### Goal of the exercise
A verbatim reproduction of every entry is the expected answer.
=== Data shown ===
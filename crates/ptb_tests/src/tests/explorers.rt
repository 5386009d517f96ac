// This file has the explorers of the tests: of all runs of a program, or of those after or under a list.

use crate::tests::shared::rules;
use crate::tests::written_rows::{Source, Writing};
use ptb_explore::{ExploreFault, Explorer, Form, Marked, OpenFault, write_all_runs};
use ptb_machine::{Line, Rules};
use ptb_text::{Device, Program};
use std::alloc::Global;

/// It asks for an answer from 1 to 2, and after 2 for one from 1 to 3.
pub(crate) const BRANCHES: &str = "10 A=RND(2);IF A=2 B=RND(3);PRINT B";

/// Which runs: all, those after one, those that begin with some answers, or both.
#[derive(Clone, Copy)]
pub(crate) enum Runs<'a> {
    All,
    After(&'a [i16]),
    AfterMarked(&'a [Marked]),
    Under(&'a [Marked]),
    UnderAfter(&'a [Marked], &'a [Marked]),
}

/// An explorer of these runs; or why there is none.
pub(crate) fn explorer_of<'a>(
    alloc: Global,
    program: &'a Program,
    lines: &'a [Line],
    rules: Rules,
    runs: Runs<'_>,
) -> Result<Explorer<'a>, OpenFault> {
    match runs {
        Runs::All => Explorer::start(alloc, program, lines, rules).or(Err(OpenFault::Memory)),
        Runs::After(run) => Explorer::after(alloc, program, lines, rules, run),
        Runs::AfterMarked(run) => Explorer::after_marked(alloc, program, lines, rules, run),
        Runs::Under(list) => Explorer::under(alloc, program, lines, rules, list),
        Runs::UnderAfter(list, run) => {
            Explorer::under(alloc, program, lines, rules, list)?.go_to(run)
        }
    }
}

/// Why there is no explorer of these runs of a program without input, if there is none.
pub(crate) fn open_fault(alloc: Global, program: &Program, runs: Runs<'_>) -> Option<OpenFault> {
    explorer_of(alloc, program, &[], rules(10000, None), runs).err()
}

/// The reports of these runs, how many of them at most, and in which form; the most commands of a run, and
/// the bound for answers instead of lines.
#[derive(Clone, Copy)]
pub(crate) struct Listing<'a> {
    pub(crate) runs: Runs<'a>,
    pub(crate) first: Option<u64>,
    pub(crate) form: Form,
    pub(crate) limit: u32,
    pub(crate) choose: Option<i16>,
}

/// All runs, in form 1.
pub(crate) const ALL: Listing<'static> = Listing {
    runs: Runs::All,
    first: None,
    form: Form::One,
    limit: 10000,
    choose: None,
};

impl Writing for Listing<'_> {
    fn write(&self, source: &Source, room: &mut [u8]) -> Result<u64, ExploreFault> {
        let rules = rules(self.limit, self.choose);
        match explorer_of(
            source.alloc,
            &source.program,
            &source.lines,
            rules,
            self.runs,
        ) {
            Ok(mut explorer) => {
                write_all_runs(&mut explorer, self.first, self.form, &mut Device::new(room))
            }
            Err(_) => Err(ExploreFault::Memory(0)),
        }
    }
}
===
### Reply to the task
filename crates/ptb_tests/src/tests/explorers.rt
repository 5386009d517f96ac
// This file has the explorers of the tests: of all runs of a program, or of those after or under a list.

use crate::tests::shared::rules;
use crate::tests::written_rows::{Source, Writing};
use ptb_explore::{ExploreFault, Explorer, Form, Marked, OpenFault, write_all_runs};
use ptb_machine::{Line, Rules};
use ptb_text::{Device, Program};
use std::alloc::Global;

/// It asks for an answer from 1 to 2, and after 2 for one from 1 to 3.
pub(crate) const BRANCHES: &str = "10 A=RND(2);IF A=2 B=RND(3);PRINT B";

/// Which runs: all, those after one, those that begin with some answers, or both.
#[derive(Clone, Copy)]
pub(crate) enum Runs<'a> {
    All,
    After(&'a [i16]),
    AfterMarked(&'a [Marked]),
    Under(&'a [Marked]),
    UnderAfter(&'a [Marked], &'a [Marked]),
}

/// An explorer of these runs; or why there is none.
pub(crate) fn explorer_of<'a>(
    alloc: Global,
    program: &'a Program,
    lines: &'a [Line],
    rules: Rules,
    runs: Runs<'_>,
) -> Result<Explorer<'a>, OpenFault> {
    match runs {
        Runs::All => Explorer::start(alloc, program, lines, rules).or(Err(OpenFault::Memory)),
        Runs::After(run) => Explorer::after(alloc, program, lines, rules, run),
        Runs::AfterMarked(run) => Explorer::after_marked(alloc, program, lines, rules, run),
        Runs::Under(list) => Explorer::under(alloc, program, lines, rules, list),
        Runs::UnderAfter(list, run) => {
            Explorer::under(alloc, program, lines, rules, list)?.go_to(run)
        }
    }
}

/// Why there is no explorer of these runs of a program without input, if there is none.
pub(crate) fn open_fault(alloc: Global, program: &Program, runs: Runs<'_>) -> Option<OpenFault> {
    explorer_of(alloc, program, &[], rules(10000, None), runs).err()
}

/// The reports of these runs, how many of them at most, and in which form; the most commands of a run, and
/// the bound for answers instead of lines.
#[derive(Clone, Copy)]
pub(crate) struct Listing<'a> {
    pub(crate) runs: Runs<'a>,
    pub(crate) first: Option<u64>,
    pub(crate) form: Form,
    pub(crate) limit: u32,
    pub(crate) choose: Option<i16>,
}

/// All runs, in form 1.
pub(crate) const ALL: Listing<'static> = Listing {
    runs: Runs::All,
    first: None,
    form: Form::One,
    limit: 10000,
    choose: None,
};

impl Writing for Listing<'_> {
    fn write(&self, source: &Source, room: &mut [u8]) -> Result<u64, ExploreFault> {
        let rules = rules(self.limit, self.choose);
        match explorer_of(
            source.alloc,
            &source.program,
            &source.lines,
            rules,
            self.runs,
        ) {
            Ok(mut explorer) => {
                write_all_runs(&mut explorer, self.first, self.form, &mut Device::new(room))
            }
            Err(_) => Err(ExploreFault::Memory(0)),
        }
    }
}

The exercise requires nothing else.